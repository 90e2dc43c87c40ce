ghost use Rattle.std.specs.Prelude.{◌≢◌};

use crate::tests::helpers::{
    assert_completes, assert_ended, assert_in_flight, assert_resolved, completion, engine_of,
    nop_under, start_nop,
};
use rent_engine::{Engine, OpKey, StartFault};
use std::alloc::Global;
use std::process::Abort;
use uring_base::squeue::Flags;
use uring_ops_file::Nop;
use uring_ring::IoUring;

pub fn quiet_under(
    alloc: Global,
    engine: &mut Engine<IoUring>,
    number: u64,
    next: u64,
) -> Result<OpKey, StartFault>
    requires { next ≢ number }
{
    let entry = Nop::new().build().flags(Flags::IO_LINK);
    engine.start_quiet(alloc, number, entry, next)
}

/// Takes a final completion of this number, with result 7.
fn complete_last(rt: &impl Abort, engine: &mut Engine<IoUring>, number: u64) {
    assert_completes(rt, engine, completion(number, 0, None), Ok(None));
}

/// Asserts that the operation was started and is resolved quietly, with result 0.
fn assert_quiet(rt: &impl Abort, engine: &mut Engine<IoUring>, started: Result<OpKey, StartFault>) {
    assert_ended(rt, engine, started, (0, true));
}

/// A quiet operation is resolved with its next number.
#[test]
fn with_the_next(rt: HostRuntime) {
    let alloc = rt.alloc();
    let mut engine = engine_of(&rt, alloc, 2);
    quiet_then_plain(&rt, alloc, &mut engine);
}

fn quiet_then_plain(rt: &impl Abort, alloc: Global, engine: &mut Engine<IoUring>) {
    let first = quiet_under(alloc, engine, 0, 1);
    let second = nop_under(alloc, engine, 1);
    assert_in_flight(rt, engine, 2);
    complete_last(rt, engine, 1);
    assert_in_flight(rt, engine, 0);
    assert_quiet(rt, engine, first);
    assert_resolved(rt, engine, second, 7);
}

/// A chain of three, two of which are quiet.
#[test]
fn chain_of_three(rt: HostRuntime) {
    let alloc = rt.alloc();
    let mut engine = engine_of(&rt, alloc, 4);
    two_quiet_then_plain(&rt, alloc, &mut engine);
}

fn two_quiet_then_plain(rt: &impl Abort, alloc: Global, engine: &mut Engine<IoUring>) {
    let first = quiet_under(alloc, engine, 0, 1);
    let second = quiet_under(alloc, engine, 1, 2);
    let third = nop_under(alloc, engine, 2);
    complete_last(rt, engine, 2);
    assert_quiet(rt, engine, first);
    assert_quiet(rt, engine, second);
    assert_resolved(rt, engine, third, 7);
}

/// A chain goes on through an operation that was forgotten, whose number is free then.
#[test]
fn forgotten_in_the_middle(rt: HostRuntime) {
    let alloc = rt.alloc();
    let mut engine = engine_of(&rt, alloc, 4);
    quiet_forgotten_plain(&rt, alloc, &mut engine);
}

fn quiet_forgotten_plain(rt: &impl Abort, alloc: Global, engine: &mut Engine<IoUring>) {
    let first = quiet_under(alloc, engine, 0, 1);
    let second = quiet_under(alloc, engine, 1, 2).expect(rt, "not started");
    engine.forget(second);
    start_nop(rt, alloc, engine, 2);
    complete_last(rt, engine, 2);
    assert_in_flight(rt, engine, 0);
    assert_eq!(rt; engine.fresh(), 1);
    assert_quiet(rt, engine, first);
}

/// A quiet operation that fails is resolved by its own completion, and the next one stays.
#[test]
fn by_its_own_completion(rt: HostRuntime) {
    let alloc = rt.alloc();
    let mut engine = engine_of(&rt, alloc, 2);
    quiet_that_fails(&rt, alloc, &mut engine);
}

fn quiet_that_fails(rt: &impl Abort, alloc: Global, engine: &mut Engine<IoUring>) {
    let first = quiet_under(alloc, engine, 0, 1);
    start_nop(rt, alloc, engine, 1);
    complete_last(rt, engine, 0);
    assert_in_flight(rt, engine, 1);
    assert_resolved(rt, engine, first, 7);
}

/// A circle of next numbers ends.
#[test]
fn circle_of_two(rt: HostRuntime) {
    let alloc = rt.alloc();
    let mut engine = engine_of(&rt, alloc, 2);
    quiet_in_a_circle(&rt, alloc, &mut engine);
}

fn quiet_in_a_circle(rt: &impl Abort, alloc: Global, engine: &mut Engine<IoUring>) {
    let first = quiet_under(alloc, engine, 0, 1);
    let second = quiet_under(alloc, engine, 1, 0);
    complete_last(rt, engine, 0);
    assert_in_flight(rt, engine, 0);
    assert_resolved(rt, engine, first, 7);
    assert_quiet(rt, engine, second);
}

# # # #

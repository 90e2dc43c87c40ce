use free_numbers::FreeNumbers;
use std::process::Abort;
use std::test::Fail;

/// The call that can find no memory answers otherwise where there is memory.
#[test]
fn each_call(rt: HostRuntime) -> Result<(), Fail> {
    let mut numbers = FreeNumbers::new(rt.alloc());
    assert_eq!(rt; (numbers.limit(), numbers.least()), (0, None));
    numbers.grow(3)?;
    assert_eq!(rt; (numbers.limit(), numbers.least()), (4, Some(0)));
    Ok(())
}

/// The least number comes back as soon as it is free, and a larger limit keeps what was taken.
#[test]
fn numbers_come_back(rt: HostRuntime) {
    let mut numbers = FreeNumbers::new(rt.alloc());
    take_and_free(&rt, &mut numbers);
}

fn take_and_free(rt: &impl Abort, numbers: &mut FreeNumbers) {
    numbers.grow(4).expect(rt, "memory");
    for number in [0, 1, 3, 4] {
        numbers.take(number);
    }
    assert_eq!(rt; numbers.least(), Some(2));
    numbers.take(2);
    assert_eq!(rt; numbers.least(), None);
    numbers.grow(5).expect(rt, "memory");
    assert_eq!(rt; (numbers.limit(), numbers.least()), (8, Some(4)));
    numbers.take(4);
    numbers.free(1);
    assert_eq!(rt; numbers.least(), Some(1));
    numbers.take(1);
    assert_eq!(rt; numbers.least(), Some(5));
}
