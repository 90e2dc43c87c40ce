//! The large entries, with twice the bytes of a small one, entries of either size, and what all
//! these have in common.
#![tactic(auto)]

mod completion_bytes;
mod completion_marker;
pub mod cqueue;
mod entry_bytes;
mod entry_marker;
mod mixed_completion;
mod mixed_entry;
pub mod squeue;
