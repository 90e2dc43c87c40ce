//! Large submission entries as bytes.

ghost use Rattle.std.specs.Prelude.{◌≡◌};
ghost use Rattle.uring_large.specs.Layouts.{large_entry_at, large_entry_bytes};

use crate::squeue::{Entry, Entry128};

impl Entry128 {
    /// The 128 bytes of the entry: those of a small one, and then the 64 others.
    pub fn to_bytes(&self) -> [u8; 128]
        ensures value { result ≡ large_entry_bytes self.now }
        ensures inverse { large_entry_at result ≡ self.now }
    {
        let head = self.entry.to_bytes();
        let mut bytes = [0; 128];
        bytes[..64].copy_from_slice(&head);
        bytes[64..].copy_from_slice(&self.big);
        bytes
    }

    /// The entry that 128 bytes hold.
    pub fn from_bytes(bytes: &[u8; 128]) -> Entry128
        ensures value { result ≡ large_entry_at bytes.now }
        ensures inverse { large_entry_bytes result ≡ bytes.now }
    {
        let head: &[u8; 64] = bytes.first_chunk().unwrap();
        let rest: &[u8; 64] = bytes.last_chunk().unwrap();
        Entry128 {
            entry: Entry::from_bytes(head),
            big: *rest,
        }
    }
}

# # # #

The lines above that hold the word "grow" should be found and copied out.

    numbers.grow(3)?;
    numbers.grow(4).expect(rt, "memory");
    numbers.grow(5).expect(rt, "memory");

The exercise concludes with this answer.